--- Data for review Enclosed Below ---
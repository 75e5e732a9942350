//! What a member gives in a sitting of a step, and what of it is kept; and what a sitting of work, or of a line to
//! another node, is and gives.
#![tactic(auto)]

mod ends;
mod giving;
mod parts;

pub use ends::{close_step, leave_step};
pub use giving::{give_up, keep, keep_full};
pub use parts::{Part, give_part};
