//! Batches as memory keeps them.
ghost use Rattle.std.specs.Prelude.{◌≡◌, [], length, map, IfOk};
ghost use Rattle.brief_journal.specs.Brief.{brief_of};

use crate::entries::{BriefEntry, briefs_of};
use mas_types::{Entry, Fate, List, MemberId, NoMemory};
use std::alloc::Global;
use std::marker::Model;
use std::snapshot::Snapshot;

/// Entries, of which memory has no texts. A contract sees the entries as they were given.
#[derive(Drop)]
pub struct BriefEntries {
    /// The entries without their texts.
    briefs: Vec<BriefEntry>,
    /// The entries, for clauses alone.
    whole: Snapshot<List<Entry>>,
}

impl Model for BriefEntries {
    ghost use Rattle.std.specs.Prelude.{List};
    ghost use Rattle.mas_types.specs.declared.journals.Entry.{Entry};

    ghost Value = { List Entry };

    ghost use Rattle.brief_journal.specs.Brief.{AreBrief};

    ghost view = { λ a. a.whole.value };

    ghost invariant = { λ a. AreBrief a.briefs.items a.whole.value };
}

impl BriefEntries {
    /// No entries.
    pub fn none(alloc: Global) -> BriefEntries
        ensures { result ≡ [] }
    {
        let none = List::new(alloc);
        BriefEntries {
            briefs: Vec::new(alloc),
            whole: Snapshot::of(&none),
        }
    }

    /// The entries. NoMemory comes only when out of memory.
    pub fn of(alloc: Global, entries: &List<Entry>) -> Result<BriefEntries, NoMemory>
        ensures { IfOk result (λ brief. brief ≡ entries.now) }
    {
        let briefs = briefs_of(alloc, entries.as_slice())?;
        Ok(BriefEntries {
            briefs,
            whole: Snapshot::of(entries),
        })
    }

    /// The number of entries.
    #[tactic(auto, using(crate::proofs::Maps::map_length))]
    pub fn len(&self) -> usize
        ensures { result ≡ length self.now }
    {
        self.briefs.len()
    }

    /// The entries without their texts.
    pub fn as_slice(&self) -> &[BriefEntry]
        ensures { result.now ≡ map brief_of self.now }
    {
        self.briefs.as_slice()
    }
}

/// A batch, of whose entries memory has no texts. A contract sees the batch.
#[derive(Drop)]
pub struct BriefBatch {
    /// The moment before its first write.
    pub first: u64,
    /// The moment after it was committed or given up. While it is flying this is the greatest number.
    pub last: u64,
    /// The member whose entries these are.
    pub by: MemberId,
    /// What became of it.
    pub fate: Fate,
    /// The entries in order.
    pub entries: BriefEntries,
}

impl Model for BriefBatch {
    ghost use Rattle.mas_types.specs.declared.journals.Batch.{Batch};

    ghost Value = { Batch };

    ghost view = { λ a. record { first = a.first; last = a.last; by = a.by; fate = a.fate; entries = a.entries } };
}

impl BriefBatch {
    /// The batch with this fate, which it has since a moment.
    pub fn fated(self, fate: Fate, last: u64) -> BriefBatch
        ensures { result ≡ record self { fate = fate; last = last } }
    {
        let BriefBatch {
            first,
            by,
            entries,
            ..
        } = self;
        BriefBatch {
            first,
            last,
            by,
            fate,
            entries,
        }
    }

    /// The moment before its first write.
    pub fn first(&self) -> u64
        ensures { result ≡ self.now.first }
    {
        self.first
    }

    /// The moment after it was committed or given up.
    pub fn last(&self) -> u64
        ensures { result ≡ self.now.last }
    {
        self.last
    }

    /// The member whose entries these are.
    pub fn by(&self) -> MemberId
        ensures { result ≡ self.now.by }
    {
        self.by
    }

    /// What became of it.
    pub fn fate(&self) -> Fate
        ensures { result ≡ self.now.fate }
    {
        self.fate
    }

    /// The number of its entries.
    pub fn count(&self) -> usize
        ensures { result ≡ length self.now.entries }
    {
        self.entries.len()
    }

    /// Its entries without their texts.
    pub fn briefs(&self) -> &[BriefEntry]
        ensures { result.now ≡ map brief_of self.now.entries }
    {
        self.entries.as_slice()
    }
}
--- End of Enclosed Data for review ---
## [Description of the task]
Would you transcribe the data above exactly as it stands?

## [Exercise output]
repository 75e5e732a9942350
//! What a member gives in a sitting of a step, and what of it is kept; and what a sitting of work, or of a line to
//! another node, is and gives.
#![tactic(auto)]

mod ends;
mod giving;
mod parts;

pub use ends::{close_step, leave_step};
pub use giving::{give_up, keep, keep_full};
pub use parts::{Part, give_part};
//! Batches as memory keeps them.
ghost use Rattle.std.specs.Prelude.{◌≡◌, [], length, map, IfOk};
ghost use Rattle.brief_journal.specs.Brief.{brief_of};

use crate::entries::{BriefEntry, briefs_of};
use mas_types::{Entry, Fate, List, MemberId, NoMemory};
use std::alloc::Global;
use std::marker::Model;
use std::snapshot::Snapshot;

/// Entries, of which memory has no texts. A contract sees the entries as they were given.
#[derive(Drop)]
pub struct BriefEntries {
    /// The entries without their texts.
    briefs: Vec<BriefEntry>,
    /// The entries, for clauses alone.
    whole: Snapshot<List<Entry>>,
}

impl Model for BriefEntries {
    ghost use Rattle.std.specs.Prelude.{List};
    ghost use Rattle.mas_types.specs.declared.journals.Entry.{Entry};

    ghost Value = { List Entry };

    ghost use Rattle.brief_journal.specs.Brief.{AreBrief};

    ghost view = { λ a. a.whole.value };

    ghost invariant = { λ a. AreBrief a.briefs.items a.whole.value };
}

impl BriefEntries {
    /// No entries.
    pub fn none(alloc: Global) -> BriefEntries
        ensures { result ≡ [] }
    {
        let none = List::new(alloc);
        BriefEntries {
            briefs: Vec::new(alloc),
            whole: Snapshot::of(&none),
        }
    }

    /// The entries. NoMemory comes only when out of memory.
    pub fn of(alloc: Global, entries: &List<Entry>) -> Result<BriefEntries, NoMemory>
        ensures { IfOk result (λ brief. brief ≡ entries.now) }
    {
        let briefs = briefs_of(alloc, entries.as_slice())?;
        Ok(BriefEntries {
            briefs,
            whole: Snapshot::of(entries),
        })
    }

    /// The number of entries.
    #[tactic(auto, using(crate::proofs::Maps::map_length))]
    pub fn len(&self) -> usize
        ensures { result ≡ length self.now }
    {
        self.briefs.len()
    }

    /// The entries without their texts.
    pub fn as_slice(&self) -> &[BriefEntry]
        ensures { result.now ≡ map brief_of self.now }
    {
        self.briefs.as_slice()
    }
}

/// A batch, of whose entries memory has no texts. A contract sees the batch.
#[derive(Drop)]
pub struct BriefBatch {
    /// The moment before its first write.
    pub first: u64,
    /// The moment after it was committed or given up. While it is flying this is the greatest number.
    pub last: u64,
    /// The member whose entries these are.
    pub by: MemberId,
    /// What became of it.
    pub fate: Fate,
    /// The entries in order.
    pub entries: BriefEntries,
}

impl Model for BriefBatch {
    ghost use Rattle.mas_types.specs.declared.journals.Batch.{Batch};

    ghost Value = { Batch };

    ghost view = { λ a. record { first = a.first; last = a.last; by = a.by; fate = a.fate; entries = a.entries } };
}

impl BriefBatch {
    /// The batch with this fate, which it has since a moment.
    pub fn fated(self, fate: Fate, last: u64) -> BriefBatch
        ensures { result ≡ record self { fate = fate; last = last } }
    {
        let BriefBatch {
            first,
            by,
            entries,
            ..
        } = self;
        BriefBatch {
            first,
            last,
            by,
            fate,
            entries,
        }
    }

    /// The moment before its first write.
    pub fn first(&self) -> u64
        ensures { result ≡ self.now.first }
    {
        self.first
    }

    /// The moment after it was committed or given up.
    pub fn last(&self) -> u64
        ensures { result ≡ self.now.last }
    {
        self.last
    }

    /// The member whose entries these are.
    pub fn by(&self) -> MemberId
        ensures { result ≡ self.now.by }
    {
        self.by
    }

    /// What became of it.
    pub fn fate(&self) -> Fate
        ensures { result ≡ self.now.fate }
    {
        self.fate
    }

    /// The number of its entries.
    pub fn count(&self) -> usize
        ensures { result ≡ length self.now.entries }
    {
        self.entries.len()
    }

    /// Its entries without their texts.
    pub fn briefs(&self) -> &[BriefEntry]
        ensures { result.now ≡ map brief_of self.now.entries }
    {
        self.entries.as_slice()
    }
}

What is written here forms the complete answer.